채채씨 2022. 1. 12. 21:54

728x90

1. Geometry of vectors

Vector is a list of numbers
There are two types of vector: column vector, row vector
- data examples → column vectors
  - Although column vector is default, for making tabular dataset we can treat data examples as row vector in the matrix conventionally
- weights used to form weighted sums → row vectors

geometric interpretations of vectors
- points in space
- directions in space

points in space

considering tasks as collections of points in space
picturing the tasks as discovering how to seperate two distinct clusters of points

directions in space

v = [3, 2] → the location 3 units to the right and 2 units up from the origin (3 step to the right and 2 step up)

visualizing vector addition by following the directions given by one vector, and then following the directions given by the other

2. Dot Products and Angles

Dot Product

$\mathbf{u}^{\top} \mathbf{v}=\sum_{i} u_{i} \cdot v_{i}$
$\mathbf{u} \cdot \mathbf{v}=\mathbf{u}^{\top} \mathbf{v}=\mathbf{v}^{\top} \mathbf{u}$ (the notation of classical multiplication)

geometric interpertation : dot product is closely related to the angle between two vectors

consider two vectors v (length=r), w (length=s) → $\mathbf{v}=(r, 0)$ and $\mathbf{w}=(s \cos (\theta), s \sin (\theta))$
- $\mathbf{v} \cdot \mathbf{w}=r s \cos (\theta)=\|\mathbf{v}\|\|\mathbf{w}\| \cos (\theta)$
- $\theta=\arccos \left(\frac{\mathbf{v} \cdot \mathbf{w}}{\|\mathbf{v}\|\|\mathbf{w}\|}\right)$

import torch

def angle(v, w):
  return torch.acos(v.dot(w) / (torch.norm(v) * torch.norm(w)))

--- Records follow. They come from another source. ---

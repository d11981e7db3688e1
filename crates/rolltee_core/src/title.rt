//! What messages begin with, so that two logs in one journal can be told apart.
use std::alloc::{AllocError, Global};
use std::fmt::Display;
use std::io;
use std::sync::Wait;
use std::time::{Clock, Duration};

/// Returns what each message about the log of this folder and prefix begins with: `rolltee: DIR/PREFIX: `.
pub fn title(alloc: Global, directory: &str, prefix: &str) -> Result<String, AllocError> {
    let slash = if directory.ends_with('/') { "" } else { "/" };
    format!(in alloc; "rolltee: {directory}{slash}{prefix}: ")
}

/// A runtime whose lines on standard error begin with the title of a log.
#[derive(Drop)]
pub struct Titled<R> {
    rt: R,
    title: String,
}

impl<R: AllocGlobal + Drop> Titled<R> {
    /// Returns this runtime with the title of the log of this folder and prefix.
    pub fn new(rt: R, directory: &str, prefix: &str) -> Result<Titled<R>, AllocError> {
        let title = title(rt.alloc(), directory, prefix)?;
        Ok(Titled { rt, title })
    }
}

impl<R: AllocGlobal> Alloc for Titled<R> {
    type A = Global;

    fn alloc(&self) -> Global {
        self.rt.alloc()
    }
}

impl<R: Wait> Wait for Titled<R> {}

impl<R: Clock> Clock for Titled<R> {
    fn monotonic(&self) -> io::Result<Duration> {
        self.rt.monotonic()
    }

    fn since_1970(&self) -> io::Result<Duration> {
        self.rt.since_1970()
    }

    fn sleep(&self, duration: Duration) {
        self.rt.sleep(duration);
    }
}

impl<R: Eprint> Eprint for Titled<R> {
    fn eprint<D: Display + Drop>(&self, value: D) -> io::Result<()> {
        self.rt.eprint(format_args!("{}{value}", self.title))
    }

    fn eprintln<D: Display + Drop>(&self, value: D) -> io::Result<()> {
        self.rt.eprintln(format_args!("{}{value}", self.title))
    }
}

angle(torch.tensor([0, 1, 2], dtype=torch.float32), torch.tensor([2.0, 3, 4])) #tensor(0.4190)

※ orthogonal
$\theta=\pi / 2$ ($\theta=\pi / 2$) is same thing as $\cos (\theta)=0$
two vectors are orthogonal if and only if $\mathbf{v} \cdot \mathbf{w}=0$

"why is computing the angle useful?"
Consider an image and a duplicate image, where every pixel value is the same but 10% the brightness
- If we calculate the distance between the original image and the darker one, the distance can be large
- If we consider the angle, for any vector v, the angle between v and 0.1⋅v will be zero
- Scaling vectors keeps the same direction and just changes the length

2.1. Cosine Similarity

Cosine Similarity is used when the angle is employed to measure the closeness of two vectors,

$$
\cos (\theta)=\frac{\mathbf{v} \cdot \mathbf{w}}{\|\mathbf{v}\|\|\mathbf{w}\|}
$$

two vectors poin in the same direction → maximum value of 1
two vectors point in opposite directions → minimum value of 1
two vectors are orthogonal → a value of 0
if the components of high-dimensional vectors are sampled randomly with mean 0, their cosine will nearly always be close to 0

3. Hyperplanes

“what are the points v with w⋅v=1 ?”

$$
\|\mathbf{v}\|\|\mathbf{w}\| \cos (\theta)=1 \Longleftrightarrow\|\mathbf{v}\| \cos (\theta)=\frac{1}{\|\mathbf{w}\|}=\frac{1}{\sqrt{5}}
$$

$\|\mathbf{v}\| \cos (\theta)$ is the length of the projection of the vector v onto direction of w
y = 1 - 2x

Based on the orthogonal point v · w = 1, when it is v · w > 1, it is more similar to a vector(2, 1) and when it is v · w < 1, it is less similar to a vector (2, 1)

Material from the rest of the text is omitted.